» ABOUT THIS EXERCISE
Scan the lines below for "there"; report the number of lines that contain it, and only that.

Collected data entries:
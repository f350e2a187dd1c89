//! The line of a device.

use bac_device::{DeviceLine, Name};
use bac_wire::Stamp;
use std::alloc::Global;

pub(crate) fn name(alloc: Global, text: &str) -> Option<Name> {
    Some(Name::of(String::from_str(alloc, text).ok()?))
}

/// A device at 2024-05-06, a Monday, 07:08:09.10.
pub(crate) fn plant(
    alloc: Global,
    instance: u32,
    text: &str,
    reply_size: u16,
) -> Option<DeviceLine> {
    let clock = Stamp::new(2024, 5, 6, 7, 8, 9, 10)?;
    Some(DeviceLine {
        instance,
        name: name(alloc, text)?,
        vendor: 0,
        reply_size,
        clock,
    })
}
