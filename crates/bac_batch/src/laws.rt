//! Laws of batches, whatever machine is inside. Each function does nothing: what it ensures is the
//! law.

ghost use Rattle.bac_drive.specs.Happens.{acting};
ghost use Rattle.bac_batch.specs.Laws.{BatchesAreReplies, EndsWhole, LinesStandBehind};
ghost use Rattle.bac_batch.specs.Laws.{LosesNothing, StepsHappen, WaitsWithYoungRows};

use bac_drive::{Clock, Machine};
use bac_ports::Port;

/// What happens while a machine is driven is steps of the machine, of which the other laws speak.
pub fn steps_happen<M: Machine, P: Port, C: Clock>()
    ensures { StepsHappen
        (acting M.gives M.hears M.reads P.sends P.receives_within C.reads) }
{}

/// Nothing is lost or made up: of the machine inside there is a run with the same sends, datagrams
/// and readings of the clock, whose rows and lines are those that were put and told, and those that
/// are held. A batch is the rows of at most 64 replies in a row.
pub fn loses_nothing<M: Machine>()
    ensures { LosesNothing M.gives M.hears M.reads }
{}

/// At the end nothing is held.
pub fn ends_whole<M: Machine>()
    ensures { EndsWhole M.gives M.hears M.reads }
{}

/// A batch is the rows of at most 64 replies, in order, each of which the machine inside wanted to
/// be put before.
pub fn batches_are_replies<M: Machine>()
    ensures { BatchesAreReplies M.gives M.hears M.reads }
{}

/// When a line is told, all that the machine inside wanted to be put has been put before.
pub fn lines_stand_behind<M: Machine>()
    ensures { LinesStandBehind M.gives M.hears M.reads }
{}

/// Where it waits, rows that are held came less than 100 milliseconds before, by the clock as it
/// was read last.
pub fn waits_with_young_rows<M: Machine>()
    ensures { WaitsWithYoungRows M.gives }
{}
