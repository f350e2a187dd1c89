//! Rows of many replies in one transaction: a machine around a machine.
//!
//! A [`Batching`] hands on what the machine inside says, and what it is told, but holds its rows:
//! at most 64 replies of them, and no longer than 100 milliseconds by the clock as it was read
//! last; from 48 replies on no longer than there is a datagram to be heard. Then they are put as
//! one batch, and behind it comes what the machine said behind them: its lines, and the wait or the
//! end that it wanted last (specs/Batch). Nothing is lost or made up by that, and each line stands
//! behind its rows (specs/Laws).
#![tactic(auto)]

mod batching;
mod laws;

pub use batching::Batching;
pub use laws::{
    batches_are_replies, ends_whole, lines_stand_behind, loses_nothing, steps_happen,
    waits_with_young_rows,
};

» EXERCISE RESPONSE
2